Saved data entries:
○ ○ ○

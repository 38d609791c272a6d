//! From a recording of perf to stacks: reads the records of a `perf.data`, unwinds each sample by the
//! unwinder of its process, and folds the stacks.
//!
//! # Decisions
//!
//! - Three passes: the first, from the last record on, tells which mappings are there at samples, the
//!   second reads their files, and the third makes the changes and walks, so that what makes modules
//!   stays as it is while processes change.
//! - Of a recording in a file all records are kept but the bodies of samples, of which the front
//!   is, with event, time and thread; each body is read when its sample is unwound, from a source
//!   that may give anything (`SampleSource`). What is before and after the records is read as a
//!   recording without records. It is read whole where it is small, a pipe, or not as `perf record`
//!   writes it, so that each refusal is that of the whole file.
//! - Every sample has a line: one that can't be walked has a mark that says why, so that the counts
//!   sum to the samples. A recording without copies of stacks has its call chains, with the mark
//!   `[callchain]`.
//! - Samples are chosen before anything is walked (`choose`), by the names of threads at the time.
//!   A stack is told to be cut where the kernel's copy is full and a word beyond it was needed.
//! - The architecture is told by the program counter's bit among the recorded registers. A fork
//!   that perf made up begins a process without mappings.
//! - How a recording ended is returned beside its stacks (`Unwound`): the samples before a refusal
//!   have theirs. A count of 2^64 is a refusal (`TooManySamples`), so no call has a premise on what
//!   was counted.
//! - Forks share their mappings as a tree until one of them maps something. A process that maps a
//!   file keeps its unwinder, if no fork shares it; unwinders are let go, all at once, when their
//!   mappings together pass `MOST_READY`, or the last one exchanges its modules for those of a
//!   process of about as many mappings. No clause states which.
//! - The mask of aarch64's pointers is by the end of the last mapping.
#![tactic(auto)]

pub mod chain;
pub mod changes;
pub mod choice;
pub mod counts;
pub mod error;
pub mod event_choice;
pub mod explain;
pub mod json_report;
pub mod kallsyms;
pub mod kept;
pub mod kernel;
pub mod machine;
pub mod names;
pub mod perf_map;
pub mod problems;
pub mod processes;
pub mod program;
pub mod recording;
pub mod run;
pub mod sample_json;
pub mod sample_source;
pub mod sample_stack;
pub mod sample_text;
mod sampled;
pub mod stack;
mod vdso;
pub mod window;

○ ○ ○

The required result is an exact repetition of the lines from the one containing "pub mod machine;" through the last line of the data.

pub mod machine;
pub mod names;
pub mod perf_map;
pub mod problems;
pub mod processes;
pub mod program;
pub mod recording;
pub mod run;
pub mod sample_json;
pub mod sample_source;
pub mod sample_stack;
pub mod sample_text;
mod sampled;
pub mod stack;
mod vdso;
pub mod window;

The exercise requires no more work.